[Records shown — start]
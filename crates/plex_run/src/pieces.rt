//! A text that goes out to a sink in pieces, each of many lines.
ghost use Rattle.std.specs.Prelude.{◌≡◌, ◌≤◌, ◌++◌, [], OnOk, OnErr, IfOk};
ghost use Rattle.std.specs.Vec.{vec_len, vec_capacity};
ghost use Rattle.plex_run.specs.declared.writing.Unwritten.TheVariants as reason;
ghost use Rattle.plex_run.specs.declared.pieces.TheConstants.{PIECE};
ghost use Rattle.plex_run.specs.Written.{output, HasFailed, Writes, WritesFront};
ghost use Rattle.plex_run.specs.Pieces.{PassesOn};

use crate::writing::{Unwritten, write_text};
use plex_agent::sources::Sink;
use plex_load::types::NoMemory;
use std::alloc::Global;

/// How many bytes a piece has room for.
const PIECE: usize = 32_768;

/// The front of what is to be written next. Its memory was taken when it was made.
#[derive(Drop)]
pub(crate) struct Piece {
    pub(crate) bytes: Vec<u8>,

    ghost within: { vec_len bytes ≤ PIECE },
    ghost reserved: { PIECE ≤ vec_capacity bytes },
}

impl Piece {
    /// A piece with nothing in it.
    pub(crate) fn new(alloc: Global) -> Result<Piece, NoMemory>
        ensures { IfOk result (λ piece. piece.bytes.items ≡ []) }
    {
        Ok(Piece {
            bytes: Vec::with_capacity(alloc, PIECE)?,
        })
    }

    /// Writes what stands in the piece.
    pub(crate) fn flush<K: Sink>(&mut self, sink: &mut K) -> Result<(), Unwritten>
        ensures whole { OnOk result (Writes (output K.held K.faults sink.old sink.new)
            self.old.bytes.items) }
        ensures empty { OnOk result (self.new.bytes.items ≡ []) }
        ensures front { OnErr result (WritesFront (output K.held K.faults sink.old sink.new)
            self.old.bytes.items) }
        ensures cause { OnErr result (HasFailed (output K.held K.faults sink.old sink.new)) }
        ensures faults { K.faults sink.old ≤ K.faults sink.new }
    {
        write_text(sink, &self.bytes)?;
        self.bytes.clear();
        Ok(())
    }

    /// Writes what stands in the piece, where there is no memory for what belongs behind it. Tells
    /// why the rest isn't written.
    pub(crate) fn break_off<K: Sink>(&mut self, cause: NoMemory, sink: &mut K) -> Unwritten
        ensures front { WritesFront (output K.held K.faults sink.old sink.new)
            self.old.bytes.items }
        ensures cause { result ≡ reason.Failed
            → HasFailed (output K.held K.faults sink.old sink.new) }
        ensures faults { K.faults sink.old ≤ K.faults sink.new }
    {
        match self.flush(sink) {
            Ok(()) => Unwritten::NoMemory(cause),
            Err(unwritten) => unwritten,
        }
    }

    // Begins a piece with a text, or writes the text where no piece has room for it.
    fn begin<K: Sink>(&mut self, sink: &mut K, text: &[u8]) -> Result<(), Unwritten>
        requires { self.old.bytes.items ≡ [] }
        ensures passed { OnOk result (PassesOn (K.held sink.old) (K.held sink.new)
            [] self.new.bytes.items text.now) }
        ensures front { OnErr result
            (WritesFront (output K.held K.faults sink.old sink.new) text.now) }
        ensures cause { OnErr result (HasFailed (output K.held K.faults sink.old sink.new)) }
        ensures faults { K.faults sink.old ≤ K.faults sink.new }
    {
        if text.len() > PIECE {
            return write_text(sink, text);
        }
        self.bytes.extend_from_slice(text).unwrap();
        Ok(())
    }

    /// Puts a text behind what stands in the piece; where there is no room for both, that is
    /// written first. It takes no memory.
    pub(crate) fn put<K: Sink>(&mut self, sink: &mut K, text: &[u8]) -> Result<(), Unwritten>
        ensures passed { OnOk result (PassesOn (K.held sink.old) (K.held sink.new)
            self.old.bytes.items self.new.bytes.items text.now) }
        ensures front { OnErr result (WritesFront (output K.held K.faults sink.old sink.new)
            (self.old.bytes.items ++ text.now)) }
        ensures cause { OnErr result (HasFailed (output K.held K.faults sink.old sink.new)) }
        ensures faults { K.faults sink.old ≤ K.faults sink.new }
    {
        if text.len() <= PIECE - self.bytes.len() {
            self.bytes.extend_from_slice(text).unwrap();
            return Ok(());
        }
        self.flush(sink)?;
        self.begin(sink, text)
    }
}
[Records shown — finish]
[Records shown — start]
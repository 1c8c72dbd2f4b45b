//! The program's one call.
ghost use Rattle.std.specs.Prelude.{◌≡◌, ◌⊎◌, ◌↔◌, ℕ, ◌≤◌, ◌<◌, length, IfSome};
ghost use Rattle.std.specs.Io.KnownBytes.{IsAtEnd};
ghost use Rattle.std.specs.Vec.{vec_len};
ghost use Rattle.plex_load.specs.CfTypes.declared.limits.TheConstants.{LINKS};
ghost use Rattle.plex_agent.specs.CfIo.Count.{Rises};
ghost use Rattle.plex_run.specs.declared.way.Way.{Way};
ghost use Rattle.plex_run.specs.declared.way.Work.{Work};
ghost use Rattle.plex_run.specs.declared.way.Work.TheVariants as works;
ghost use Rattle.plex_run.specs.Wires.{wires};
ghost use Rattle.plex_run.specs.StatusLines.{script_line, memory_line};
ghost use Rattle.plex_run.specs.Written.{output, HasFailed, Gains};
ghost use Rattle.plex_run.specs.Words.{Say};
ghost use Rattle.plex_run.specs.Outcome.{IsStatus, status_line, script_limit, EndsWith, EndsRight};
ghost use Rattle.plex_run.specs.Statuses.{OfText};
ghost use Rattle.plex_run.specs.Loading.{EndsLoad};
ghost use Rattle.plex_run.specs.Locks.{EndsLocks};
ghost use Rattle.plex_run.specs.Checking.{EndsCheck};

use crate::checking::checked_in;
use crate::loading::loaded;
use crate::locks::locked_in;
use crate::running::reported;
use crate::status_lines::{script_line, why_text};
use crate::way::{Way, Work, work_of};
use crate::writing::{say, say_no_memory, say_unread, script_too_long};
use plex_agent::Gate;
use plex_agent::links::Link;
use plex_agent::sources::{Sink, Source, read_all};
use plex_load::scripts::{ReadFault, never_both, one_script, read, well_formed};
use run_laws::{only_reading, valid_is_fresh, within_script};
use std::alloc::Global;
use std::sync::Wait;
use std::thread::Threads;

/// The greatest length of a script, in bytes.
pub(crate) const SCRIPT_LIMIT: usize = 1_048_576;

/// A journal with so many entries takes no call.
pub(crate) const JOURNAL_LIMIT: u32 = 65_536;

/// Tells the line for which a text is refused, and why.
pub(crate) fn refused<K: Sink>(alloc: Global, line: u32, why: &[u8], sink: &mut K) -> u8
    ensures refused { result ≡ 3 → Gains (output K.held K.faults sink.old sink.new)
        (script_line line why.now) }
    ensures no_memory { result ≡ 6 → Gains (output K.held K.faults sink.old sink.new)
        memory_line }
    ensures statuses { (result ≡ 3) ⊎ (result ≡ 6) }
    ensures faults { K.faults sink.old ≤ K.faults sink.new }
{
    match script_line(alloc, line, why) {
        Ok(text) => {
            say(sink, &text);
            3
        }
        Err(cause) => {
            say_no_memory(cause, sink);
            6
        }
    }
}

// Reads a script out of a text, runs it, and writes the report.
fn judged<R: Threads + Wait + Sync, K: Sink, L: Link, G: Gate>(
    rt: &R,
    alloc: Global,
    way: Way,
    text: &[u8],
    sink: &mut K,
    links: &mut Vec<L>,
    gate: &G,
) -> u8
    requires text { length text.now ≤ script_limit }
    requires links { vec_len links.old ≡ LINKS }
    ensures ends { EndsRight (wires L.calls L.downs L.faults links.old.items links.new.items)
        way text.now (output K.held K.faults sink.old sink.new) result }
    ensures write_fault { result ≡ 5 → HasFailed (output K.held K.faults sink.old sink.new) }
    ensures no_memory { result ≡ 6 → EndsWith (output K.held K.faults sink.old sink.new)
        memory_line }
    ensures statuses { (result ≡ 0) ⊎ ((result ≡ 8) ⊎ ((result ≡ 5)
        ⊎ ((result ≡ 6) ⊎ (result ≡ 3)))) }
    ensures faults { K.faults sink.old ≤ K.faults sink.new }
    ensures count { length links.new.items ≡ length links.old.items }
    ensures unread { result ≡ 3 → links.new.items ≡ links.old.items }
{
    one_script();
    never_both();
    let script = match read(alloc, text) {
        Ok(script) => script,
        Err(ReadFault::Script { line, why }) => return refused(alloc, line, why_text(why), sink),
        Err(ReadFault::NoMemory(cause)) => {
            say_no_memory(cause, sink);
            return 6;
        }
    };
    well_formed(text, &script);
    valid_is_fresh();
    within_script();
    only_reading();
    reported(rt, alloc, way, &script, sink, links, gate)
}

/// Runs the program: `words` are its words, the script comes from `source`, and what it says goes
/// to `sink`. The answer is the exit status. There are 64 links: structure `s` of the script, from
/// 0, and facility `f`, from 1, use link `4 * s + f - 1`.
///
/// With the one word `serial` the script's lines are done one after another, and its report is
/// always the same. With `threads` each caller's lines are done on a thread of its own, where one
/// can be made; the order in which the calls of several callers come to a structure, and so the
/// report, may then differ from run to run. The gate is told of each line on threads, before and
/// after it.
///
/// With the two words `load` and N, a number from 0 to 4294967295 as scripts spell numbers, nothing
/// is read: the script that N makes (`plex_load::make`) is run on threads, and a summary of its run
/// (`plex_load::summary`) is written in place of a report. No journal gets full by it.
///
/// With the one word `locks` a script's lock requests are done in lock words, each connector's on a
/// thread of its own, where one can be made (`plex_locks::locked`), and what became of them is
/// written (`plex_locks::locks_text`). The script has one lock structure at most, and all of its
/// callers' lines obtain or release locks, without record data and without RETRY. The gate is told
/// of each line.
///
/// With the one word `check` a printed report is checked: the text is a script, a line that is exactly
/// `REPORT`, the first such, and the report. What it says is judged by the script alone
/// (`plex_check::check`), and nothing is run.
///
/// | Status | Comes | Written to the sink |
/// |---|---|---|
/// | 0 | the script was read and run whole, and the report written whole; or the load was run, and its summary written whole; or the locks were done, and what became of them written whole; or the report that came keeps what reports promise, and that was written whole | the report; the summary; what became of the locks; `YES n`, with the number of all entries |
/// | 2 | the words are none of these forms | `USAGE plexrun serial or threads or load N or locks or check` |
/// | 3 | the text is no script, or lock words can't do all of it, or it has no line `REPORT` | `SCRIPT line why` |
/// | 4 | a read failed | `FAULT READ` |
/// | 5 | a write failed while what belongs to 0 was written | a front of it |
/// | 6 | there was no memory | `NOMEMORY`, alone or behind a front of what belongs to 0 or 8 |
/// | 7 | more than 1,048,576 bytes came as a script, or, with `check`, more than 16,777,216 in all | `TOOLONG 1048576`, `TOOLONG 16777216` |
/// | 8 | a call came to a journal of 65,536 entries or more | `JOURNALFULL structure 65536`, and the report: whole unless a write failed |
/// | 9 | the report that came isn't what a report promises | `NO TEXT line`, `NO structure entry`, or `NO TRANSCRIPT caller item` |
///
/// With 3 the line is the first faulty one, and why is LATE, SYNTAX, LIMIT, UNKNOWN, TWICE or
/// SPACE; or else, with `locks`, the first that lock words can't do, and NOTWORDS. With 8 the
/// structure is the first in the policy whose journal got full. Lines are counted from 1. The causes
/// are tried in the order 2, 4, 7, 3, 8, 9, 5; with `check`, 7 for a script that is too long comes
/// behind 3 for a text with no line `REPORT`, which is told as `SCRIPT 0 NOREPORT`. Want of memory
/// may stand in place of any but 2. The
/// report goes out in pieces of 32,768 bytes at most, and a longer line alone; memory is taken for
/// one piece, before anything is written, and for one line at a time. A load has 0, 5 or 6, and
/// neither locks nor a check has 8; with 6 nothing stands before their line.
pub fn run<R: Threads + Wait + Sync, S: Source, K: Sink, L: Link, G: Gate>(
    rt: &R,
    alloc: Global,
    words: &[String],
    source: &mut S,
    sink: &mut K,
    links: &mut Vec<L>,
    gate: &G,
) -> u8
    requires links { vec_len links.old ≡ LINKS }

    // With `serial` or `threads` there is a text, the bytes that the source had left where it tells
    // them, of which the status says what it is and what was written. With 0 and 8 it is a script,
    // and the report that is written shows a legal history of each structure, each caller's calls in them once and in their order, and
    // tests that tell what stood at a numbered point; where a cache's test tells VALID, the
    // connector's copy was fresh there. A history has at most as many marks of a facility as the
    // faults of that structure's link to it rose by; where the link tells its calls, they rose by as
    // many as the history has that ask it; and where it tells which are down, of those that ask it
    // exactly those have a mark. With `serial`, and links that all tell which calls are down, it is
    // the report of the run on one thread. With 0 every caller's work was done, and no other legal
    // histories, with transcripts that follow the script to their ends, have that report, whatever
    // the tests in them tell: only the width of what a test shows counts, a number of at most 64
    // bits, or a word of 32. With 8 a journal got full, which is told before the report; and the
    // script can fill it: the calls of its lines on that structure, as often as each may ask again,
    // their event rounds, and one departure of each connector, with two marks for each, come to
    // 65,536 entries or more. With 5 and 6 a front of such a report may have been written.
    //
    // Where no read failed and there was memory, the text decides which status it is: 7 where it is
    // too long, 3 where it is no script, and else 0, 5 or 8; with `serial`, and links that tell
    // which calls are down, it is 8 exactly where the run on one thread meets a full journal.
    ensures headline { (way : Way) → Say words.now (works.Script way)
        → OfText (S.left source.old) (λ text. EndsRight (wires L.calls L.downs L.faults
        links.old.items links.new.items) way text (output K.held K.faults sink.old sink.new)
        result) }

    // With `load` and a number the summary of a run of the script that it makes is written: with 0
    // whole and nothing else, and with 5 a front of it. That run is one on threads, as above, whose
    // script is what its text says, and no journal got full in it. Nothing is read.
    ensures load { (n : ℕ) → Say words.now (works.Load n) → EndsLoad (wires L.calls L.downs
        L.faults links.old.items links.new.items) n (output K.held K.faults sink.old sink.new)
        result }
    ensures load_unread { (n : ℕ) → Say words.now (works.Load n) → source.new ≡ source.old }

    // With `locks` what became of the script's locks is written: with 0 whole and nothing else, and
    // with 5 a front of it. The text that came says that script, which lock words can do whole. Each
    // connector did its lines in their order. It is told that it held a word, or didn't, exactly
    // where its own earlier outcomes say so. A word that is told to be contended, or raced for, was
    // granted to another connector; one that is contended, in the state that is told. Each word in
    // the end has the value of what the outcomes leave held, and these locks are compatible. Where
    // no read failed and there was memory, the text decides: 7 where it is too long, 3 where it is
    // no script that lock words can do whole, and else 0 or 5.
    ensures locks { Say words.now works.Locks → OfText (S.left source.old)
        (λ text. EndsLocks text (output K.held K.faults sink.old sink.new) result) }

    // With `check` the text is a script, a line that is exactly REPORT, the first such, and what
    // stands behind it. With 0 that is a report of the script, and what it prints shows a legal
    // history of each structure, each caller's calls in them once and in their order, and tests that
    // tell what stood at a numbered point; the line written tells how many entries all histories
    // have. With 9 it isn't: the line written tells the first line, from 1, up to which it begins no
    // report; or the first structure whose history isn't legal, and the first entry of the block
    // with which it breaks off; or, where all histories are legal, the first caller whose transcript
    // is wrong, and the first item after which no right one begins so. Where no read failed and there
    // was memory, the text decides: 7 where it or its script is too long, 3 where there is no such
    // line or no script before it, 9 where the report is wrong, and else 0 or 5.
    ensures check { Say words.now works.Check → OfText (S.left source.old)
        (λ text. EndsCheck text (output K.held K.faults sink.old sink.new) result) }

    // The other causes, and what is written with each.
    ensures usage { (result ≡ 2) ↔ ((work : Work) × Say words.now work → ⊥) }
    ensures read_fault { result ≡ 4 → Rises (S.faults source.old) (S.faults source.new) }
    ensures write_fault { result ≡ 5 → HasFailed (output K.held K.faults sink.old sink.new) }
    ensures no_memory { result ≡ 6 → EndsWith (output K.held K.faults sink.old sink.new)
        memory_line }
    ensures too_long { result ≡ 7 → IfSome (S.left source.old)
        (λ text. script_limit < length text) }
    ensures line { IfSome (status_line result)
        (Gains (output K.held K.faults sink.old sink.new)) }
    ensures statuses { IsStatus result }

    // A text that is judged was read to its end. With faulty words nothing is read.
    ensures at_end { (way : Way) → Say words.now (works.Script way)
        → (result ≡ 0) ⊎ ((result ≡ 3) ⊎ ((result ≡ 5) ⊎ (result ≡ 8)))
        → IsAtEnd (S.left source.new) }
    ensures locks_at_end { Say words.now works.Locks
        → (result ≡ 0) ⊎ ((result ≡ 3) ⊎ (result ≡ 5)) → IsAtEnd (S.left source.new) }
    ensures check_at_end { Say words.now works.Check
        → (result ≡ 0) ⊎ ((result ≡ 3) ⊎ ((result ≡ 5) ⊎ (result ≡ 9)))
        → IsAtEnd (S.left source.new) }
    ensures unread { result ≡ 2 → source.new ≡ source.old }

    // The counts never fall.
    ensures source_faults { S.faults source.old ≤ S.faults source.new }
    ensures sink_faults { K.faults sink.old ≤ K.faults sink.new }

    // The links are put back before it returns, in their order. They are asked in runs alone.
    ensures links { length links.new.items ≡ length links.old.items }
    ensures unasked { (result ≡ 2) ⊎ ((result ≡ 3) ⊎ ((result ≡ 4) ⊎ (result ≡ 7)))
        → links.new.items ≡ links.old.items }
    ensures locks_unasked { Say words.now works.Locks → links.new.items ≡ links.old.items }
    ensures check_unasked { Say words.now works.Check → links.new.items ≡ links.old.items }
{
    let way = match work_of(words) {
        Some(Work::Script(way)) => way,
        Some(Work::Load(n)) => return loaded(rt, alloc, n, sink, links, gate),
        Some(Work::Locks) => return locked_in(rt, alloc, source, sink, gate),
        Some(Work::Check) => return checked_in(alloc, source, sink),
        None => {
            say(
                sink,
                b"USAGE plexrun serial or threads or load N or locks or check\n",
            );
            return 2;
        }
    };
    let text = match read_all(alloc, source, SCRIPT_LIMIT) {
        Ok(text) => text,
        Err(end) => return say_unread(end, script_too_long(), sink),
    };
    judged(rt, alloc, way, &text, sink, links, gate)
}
[Records shown — finish]
> **Work instructions**
I'd like the lines above from the one with "front of it |" up to and including the one with "to 0 or 8 |" copied exactly, with no other lines.

> **Exercise output**
/// | 5 | a write failed while what belongs to 0 was written | a front of it |
/// | 6 | there was no memory | `NOMEMORY`, alone or behind a front of what belongs to 0 or 8 |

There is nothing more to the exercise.